Французы на Северном полюсе
Шрифт:
Съестные припасы разделили на три части и спрятали во льду в трех разных местах, рассчитывая, что в случае новой катастрофы хотя бы один склад уцелеет.
Груз отвозили на санях, запряженных собаками.
Так прошли сутки. Льды еще сильнее разбушевались, и об отдыхе никто не помышлял.
Когда грузы наконец были размещены, половина команды пошла к палаткам сторожить от медведей запасы на ближайшее время, а остальные — в каюту, немного поспать и быть готовыми по сигналу тревоги спуститься на лед.
Матросы свалились на койки и заснули как убитые, несмотря на оглушительный
На всякий случай капитан приказал загасить печь, и в каюте сразу резко понизилась температура, но матросы залезли в спальные мешки по трое и не страдали от холода, чего нельзя было сказать о тех, кто сторожил палатки.
Принятая капитаном мера предосторожности оказалась весьма своевременной.

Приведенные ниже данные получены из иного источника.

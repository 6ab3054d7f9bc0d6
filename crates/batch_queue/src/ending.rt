//! The rule of the word that no more batches come, and what each kind of step tells.

use crate::heard::Heard;
use crate::rule::Seats;
use atomic_table::{Join, Play, Split, TableRule};

/// The rule that ties the word to the passes.
pub struct Ending;

impl TableRule<(), Heard, ()> for Ending {
    ghost use Rattle.batch_queue.specs.Saying.{Ends, first_heard};

    ghost holds = { λ _. Ends };

    ghost first = { λ _. first_heard };
}

/// It is said that no more batches come.
pub struct Says;

impl Play<(), Heard> for Says {
    ghost use Rattle.batch_queue.specs.Saying.{HasSaid};

    ghost then = { HasSaid };
}

/// A look at the word.
pub struct Hears;

impl Play<(), Heard> for Hears {
    ghost use Rattle.batch_queue.specs.Saying.{HasHeard};

    ghost then = { HasHeard };
}

impl Split<Heard> for Seats {
    ghost use Rattle.batch_queue.specs.Saying.{other_heard};

    ghost left = { λ v. v };

    ghost right = { λ v. other_heard };
}

impl Join<Heard> for Seats {
    ghost use Rattle.batch_queue.specs.Saying.{both_heard, other_heard};

    ghost both = { both_heard };

    ghost spent = { other_heard };
}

В час ночи лед снова стал раскалываться, шхуну закачало, электрическая лампа разлетелась на куски, треснул и грохнулся на пол калорифер.
Не прикажи д’Амбрие погасить его, на шхуне начался бы пожар.

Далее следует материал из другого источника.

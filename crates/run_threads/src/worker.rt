//! A terminal at work.
ghost use Rattle.std.specs.Prelude.{◌≡◌, ◌+◌};
ghost use Rattle.money.specs.declared.refusal.Refusal.TheVariants.{OutOfMemory};
ghost use Rattle.run_threads.specs.Inputs.{CameOfInputs};
ghost use Rattle.run_threads.specs.Tally.{inputs_in};

use crate::progress::RunProgress;
use crate::tally::Tally;
use book::{Engine, Run, Seat, Share};
use money::Refusal;
use std::alloc::Global;
use std::sync::Wait;
use terminals::{Gate, Outbox, Terminal};
use terminals_deck::Deck;

/// What a terminal is to work with: its inputs, and its gate.
#[derive(Drop)]
pub struct Station<G: Gate> {
    pub deck: Deck,
    pub gate: G,
}

/// A terminal, its gate, and what has come of its inputs. Its share has one part, and as many commits as were counted.
#[derive(Drop)]
pub(crate) struct TerminalThread<K: Run, G: Gate> {
    pub(crate) terminal: Terminal<K>,
    pub(crate) gate: G,
    pub(crate) tally: Tally,
    /// How many of its replies were released and forgotten.
    forgotten: u64,
    ghost one_part: { terminal.share.parts ≡ 1 },
    ghost counted: { terminal.share.commits ≡ tally.commits },
}

impl<K: Run, G: Gate + Drop> TerminalThread<K, G> {
    ghost use Rattle.std.specs.Prelude.{◌≡◌, ◌+◌, IfOk, IfErr};
    ghost use Rattle.board.specs.declared.rule.Role.TheVariants.{Terminal as TerminalRole};
    ghost use Rattle.board.specs.Seats.{new_seat};

    /// A terminal that has done no input, at a seat and a station. `OutOfMemory` is the only refusal.
    pub(crate) fn new(
        alloc: Global,
        engine: &Engine<K>,
        seat: Seat<K>,
        station: Station<G>,
    ) -> Result<TerminalThread<K, G>, Refusal>
        requires parts { seat.share.parts ≡ 1 }
        requires commits { seat.share.commits ≡ 0 }
        requires deck { station.deck.scale ≡ K.run.first.scale }
        ensures idle { IfOk result (λ worker. inputs_in worker.tally ≡ 0) }
        ensures deck { IfOk result (λ worker. worker.terminal.deck ≡ station.deck) }
        ensures only_memory { IfErr result (λ refusal. refusal ≡ OutOfMemory) }
    {
        let Station { deck, gate } = station;
        let Seat {
            reader,
            board,
            share,
        } = seat;
        let outbox = Outbox::new(alloc, board, 0)?;
        Ok(TerminalThread {
            terminal: Terminal::new(engine, reader, share, outbox, deck),
            gate,
            tally: Tally::default(),
            forgotten: 0,
        })
    }

    /// Does so many inputs, and gives back the memory of the replies that were released by then.
    pub(crate) fn work<R: Wait>(
        &mut self,
        rt: &R,
        alloc: Global,
        engine: &Engine<K>,
        inputs: u32,
        progress: &RunProgress,
    )
        requires idle { inputs_in self.old.tally ≡ 0 }
        ensures all { inputs_in self.new.tally ≡ inputs }
        ensures came { CameOfInputs K.run.past K.run.first self.old.terminal.deck inputs self.new.tally self.new.terminal.deck }
    {
        let TerminalThread {
            terminal,
            gate,
            tally,
            forgotten,
        } = self;
        *tally = tally_of(rt, alloc, engine, terminal, gate, inputs, progress);
        *forgotten = forgotten.saturating_add(terminal.forget_released());
    }

    /// Ends the terminal, which acknowledges what is durable: what came of its inputs, how many of its replies were
    /// released, its share and its deck.
    pub(crate) fn end(self, engine: &Engine<K>) -> (Tally, u64, Share<K>, Deck)
        ensures tally { result.0 ≡ self.tally }
        ensures parts { result.2.parts ≡ 1 }
        ensures commits { result.2.commits ≡ self.tally.commits }
        ensures deck { result.3 ≡ self.terminal.deck }
    {
        let TerminalThread {
            mut terminal,
            mut gate,
            tally,
            forgotten,
        } = self;
        acknowledge(engine, &mut terminal, &mut gate);
        let released = forgotten.saturating_add(terminal.released().len() as u64);
        let (share, _, deck) = terminal.end();
        (tally, released, share, deck)
    }
}

/// Does so many inputs of a terminal, and tells what came of them. After each, the terminal acknowledges what is
/// durable.
fn tally_of<K: Run, G: Gate, R: Wait>(
    rt: &R,
    alloc: Global,
    engine: &Engine<K>,
    terminal: &mut Terminal<K>,
    gate: &mut G,
    inputs: u32,
    progress: &RunProgress,
) -> Tally
    ensures all { inputs_in result ≡ inputs }
    ensures came { CameOfInputs K.run.past K.run.first terminal.old.deck inputs result terminal.new.deck }
    ensures parts { terminal.new.share.parts ≡ terminal.old.share.parts }
    ensures commits { terminal.new.share.commits ≡ terminal.old.share.commits + result.commits }
{
    let mut tally = Tally::default();
    for _ in 0..inputs {
        let outcome = terminal.one(rt, alloc, engine, gate);
        tally.count(&outcome);
        let acknowledged = acknowledge(engine, terminal, gate);
        progress.note_input(outcome.is_ok(), acknowledged);
    }
    tally
}

/// A terminal acknowledges what is durable, which its gate hears. Answers how many replies were released.
fn acknowledge<K: Run, G: Gate>(engine: &Engine<K>, terminal: &mut Terminal<K>, gate: &mut G) -> u64
    ensures share { terminal.new.share ≡ terminal.old.share }
    ensures deck { terminal.new.deck ≡ terminal.old.deck }
{
    let before = terminal.released().len();
    let count = terminal.acknowledge(engine.board());
    gate.released(&terminal.released()[before..]);
    count
}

Перепуганные матросы выскочили из своих мешков, схватили карабины и узлы с пожитками и вмиг спустились на лед.
Шхуну качнуло еще раз, после чего воцарилось спокойствие. Надолго ли?

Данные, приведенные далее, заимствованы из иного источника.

//! The numbers of a run.
ghost use Rattle.std.specs.Prelude.{◌≡◌, ◌^◌, ◌<◌, length};

use crate::tally::Tally;

/// The numbers of a run.
#[derive(Clone, Copy, Debug, PartialEq, Eq)]
pub struct Counts {
    /// Transactions that committed.
    pub commits: u64,
    /// New-Orders that were rolled back, for an item that isn't in ITEM.
    pub rollbacks: u64,
    /// Inputs that their terminals gave up, after 64 tries.
    pub gave_up: u64,
    /// Inputs refused for memory, the order cap or the commit cap.
    pub refused: u64,
    /// The last D.
    pub durable: u64,
    /// Replies that were released.
    pub acknowledged: u64,
}

impl Counts {
    ghost use Rattle.run_threads.specs.Tally.{AreTallySums};

    /// Those of terminals of which so much came, beside these two.
    pub(crate) fn of(tallies: &[Tally], durable: u64, acknowledged: u64) -> Counts
        requires { length tallies.now < 2 ^ 16 }
        ensures sums { AreTallySums tallies.now result }
        ensures durable { result.durable ≡ durable }
        ensures acknowledged { result.acknowledged ≡ acknowledged }
    {
        Counts {
            commits: tallies.iter().map(|tally| u64::from(tally.commits)).sum(),
            rollbacks: tallies.iter().map(|tally| u64::from(tally.rollbacks)).sum(),
            gave_up: tallies.iter().map(|tally| u64::from(tally.gave_up)).sum(),
            refused: tallies.iter().map(|tally| u64::from(tally.refused)).sum(),
            durable,
            acknowledged,
        }
    }
}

В четыре часа утра все принялись за работу с прежним рвением.
После плотного завтрака и хорошей порции спиртного полярники повеселели и уже не так мрачно воспринимали происходящее.
Во время зимовки они прочли много книг об исследованиях Арктики и узнали, что гибель корабля еще не означает гибели команды, что и без судна можно благополучно завершить экспедицию.
Но главное — все надеялись на капитана, тот составил подробный план действий на случай возникновения опасности.
Не исключено, что после всех передряг «Галлия» окажется непригодна для плавания, особенно если в ее корпусе образовались пробоины. Ведь скоро начнется таяние льдов. Ну что ж, запасов, и съестных и прочих, хватит на три с лишним года. Есть медикаменты, одежда, инструменты, оружие и боеприпасы, а также сани и шлюпка. В общем, все, что необходимо для жизни. На каждом складе, устроенном во льду, — этих запасов примерно на год. Склады размещены довольно близко от шхуны.
В случае гибели корабля и даже двух складов выручит третий.
На «Галлии» капитан тоже оставил запас всего необходимого на тот исключительный случай, если вдруг погибнут все склады, а корабль уцелеет.
Двух месяцев вполне достаточно, чтобы приплыть к датским владениям.
Экипаж разделили на отряды по четыре матроса и одному офицеру в каждом и отдали в их распоряжение по шесть собак.
В обязанности отрядов входила охрана складов, в основном по ночам.
Сам капитан с боцманом Геником Тергастелем, механиком Фрицем Германом и двумя собаками ночевал на корабле, охраняя его от нежелательных посетителей.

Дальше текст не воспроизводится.